===== Input material =====
//! A step of a run.

ghost use Rattle.std.specs.Prelude.{◌≡◌, false, IfOk, IfErr, OnOk};
ghost use Rattle.simplex_laws.specs.Choices.{Leaves, NoneLeaves, Enters, Stops, direction, downhill};
ghost use Rattle.simplex_laws.specs.LimitRoom.{LimitsFit};
ghost use Rattle.simplex_laws.specs.Runs.{Descends};
ghost use Rattle.tableau_laws.specs.Tableaus as tableaus;
ghost use Rattle.tableau_laws.specs.Keeping.{IsTableau};
ghost use Rattle.simplex_tableau.specs.Data.{shown};
ghost use Rattle.simplex_tableau.specs.Programs.{minimized};
ghost use Rattle.simplex_steps.specs.Signs.{sign_of};
ghost use Rattle.simplex_steps.specs.Steps.{Says, Looks, IsStepPast};

use crate::choices::{Leaving, find_descent, find_leaving, find_repair, signed};
use crate::limits::{Stop, end_ahead, find_stop, is_limited};
use fractions::Past;
use lp_model::Program;
use simplex_tableau::Tableau;

/// How a run ends where the rules ask for no step.
#[derive(Clone, Copy)]
pub enum End {
    /// A basic variable is past an end, and no other one can take it there.
    Infeasible,
    /// No basic variable is past an end, and no other one lowers the cost.
    Best,
    /// Nothing limits the variable that lowers the cost.
    Unbounded,
}

/// Phase 1: a variable leaves, and the least that can takes its place.
///
/// # Errors
/// [`Past`] exactly where a number of the pivot has no room.
fn repair(program: &Program, tableau: &mut Tableau, leaving: &Leaving) -> Result<Option<End>, Past>
    requires usable { tableau.old.spent ≡ false }
    requires tableau { IsTableau (minimized program.now) (shown tableau.old) }
    requires leaves { Leaves (minimized program.now) (shown tableau.old) leaving.now.variable leaving.now.bound (sign_of leaving.now.up) }
    ensures says { IfOk result (λ n. Says (minimized program.now) (shown tableau.old) n (shown tableau.new)) }
    ensures past { IfErr result (λ p. IsStepPast (minimized program.now) (shown tableau.old)) }
    ensures usable { OnOk result (tableau.new.spent ≡ false) }
{
    let Some(e) = find_repair(program, tableau, leaving.variable, leaving.up) else {
        return Ok(Some(End::Infeasible));
    };
    tableau.pivot(leaving.variable, e, &leaving.bound)?;
    Ok(None)
}

/// Phase 2: `e` goes up or down until it stops: at its own other end, where the basis stays, or where another variable leaves.
///
/// # Errors
/// [`Past`] exactly where a number of it has no room.
fn go(program: &Program, tableau: &mut Tableau, e: usize, up: bool, stop: &Stop) -> Result<(), Past>
    requires usable { tableau.old.spent ≡ false }
    requires tableau { IsTableau (minimized program.now) (shown tableau.old) }
    requires enters { Enters (minimized program.now) (shown tableau.old) (downhill (shown tableau.old)) e }
    requires way { direction (shown tableau.old) e ≡ sign_of up }
    requires stops { Stops (minimized program.now) (shown tableau.old) e (sign_of up) stop.now.variable stop.now.far }
    requires room { LimitsFit (minimized program.now) (shown tableau.old) e (sign_of up) }
    ensures made { OnOk result (Descends (minimized program.now) (shown tableau.old) e (shown tableau.new)) }
    ensures past { IfErr result (λ p. (next : tableaus.Tableau) → Descends (minimized program.now) (shown tableau.old) e next → ⊥) }
    ensures usable { OnOk result (tableau.new.spent ≡ false) }
{
    if stop.variable == e {
        return tableau.shift(e, &signed(&stop.far, up));
    }
    match end_ahead(program, tableau, e, up, stop.variable).number() {
        Some(bound) => tableau.pivot(stop.variable, e, &bound),
        None => Ok(()),
    }
}

/// Whether `e` goes up where it lowers the cost.
fn goes_up(tableau: &Tableau, e: usize) -> bool
    ensures { direction (shown tableau.now) e ≡ sign_of result }
{
    tableau.price(e).is_negative()
}

/// Phase 2: the least variable that lowers the cost enters.
///
/// # Errors
/// [`Past`] exactly where one of its limits has no room, or a number of the step.
fn descend(program: &Program, tableau: &mut Tableau) -> Result<Option<End>, Past>
    requires usable { tableau.old.spent ≡ false }
    requires tableau { IsTableau (minimized program.now) (shown tableau.old) }
    requires repaired { NoneLeaves (minimized program.now) (shown tableau.old) }
    ensures says { IfOk result (λ n. Says (minimized program.now) (shown tableau.old) n (shown tableau.new)) }
    ensures past { IfErr result (λ p. IsStepPast (minimized program.now) (shown tableau.old)) }
    ensures usable { OnOk result (tableau.new.spent ≡ false) }
{
    let Some(e) = find_descent(program, tableau) else {
        return Ok(Some(End::Best));
    };
    let up = goes_up(tableau, e);
    let Some(stop) = find_stop(program, tableau, e, up)? else {
        return Ok(Some(End::Unbounded));
    };
    go(program, tableau, e, up, &stop)?;
    Ok(None)
}

/// A step, if the rules ask for one: phase 1 while a basic variable is past an end, else phase 2.
///
/// # Errors
/// [`Past`] exactly where a number of it has no room.
pub fn step(program: &Program, tableau: &mut Tableau) -> Result<Option<End>, Past>
    requires usable { tableau.old.spent ≡ false }
    requires tableau { IsTableau (minimized program.now) (shown tableau.old) }
    ensures says { IfOk result (λ n. Says (minimized program.now) (shown tableau.old) n (shown tableau.new)) }
    ensures past { IfErr result (λ p. IsStepPast (minimized program.now) (shown tableau.old)) }
    ensures usable { OnOk result (tableau.new.spent ≡ false) }
{
    match find_leaving(program, tableau) {
        Some(leaving) => repair(program, tableau, &leaving),
        None => descend(program, tableau),
    }
}

/// Whether the rules ask for a step of phase 1. No number is computed.
fn look_at_repair(program: &Program, tableau: &Tableau, leaving: &Leaving) -> Option<End>
    requires tableau { IsTableau (minimized program.now) (shown tableau.now) }
    requires leaves { Leaves (minimized program.now) (shown tableau.now) leaving.now.variable leaving.now.bound (sign_of leaving.now.up) }
    ensures { Looks (minimized program.now) (shown tableau.now) result }
{
    match find_repair(program, tableau, leaving.variable, leaving.up) {
        Some(_) => None,
        None => Some(End::Infeasible),
    }
}

/// Whether the rules ask for a step of phase 2. No number is computed.
fn look_at_descent(program: &Program, tableau: &Tableau) -> Option<End>
    requires tableau { IsTableau (minimized program.now) (shown tableau.now) }
    requires repaired { NoneLeaves (minimized program.now) (shown tableau.now) }
    ensures { Looks (minimized program.now) (shown tableau.now) result }
{
    let Some(e) = find_descent(program, tableau) else {
        return Some(End::Best);
    };
    if is_limited(program, tableau, e, goes_up(tableau, e)) {
        return None;
    }
    Some(End::Unbounded)
}

/// How the run ends where no step is left, or none where the rules ask for one more. No number of that one is computed.
pub fn look(program: &Program, tableau: &Tableau) -> Option<End>
    requires { IsTableau (minimized program.now) (shown tableau.now) }
    ensures { Looks (minimized program.now) (shown tableau.now) result }
{
    match find_leaving(program, tableau) {
        Some(leaving) => look_at_repair(program, tableau, &leaving),
        None => look_at_descent(program, tableau),
    }
}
=====
◆ Aim of the task ◆
Go through the data, and copy each line in which the word "lowers" appears.

◆ Answer for the task ◆
    /// No basic variable is past an end, and no other one lowers the cost.
    /// Nothing limits the variable that lowers the cost.
/// Whether `e` goes up where it lowers the cost.
/// Phase 2: the least variable that lowers the cost enters.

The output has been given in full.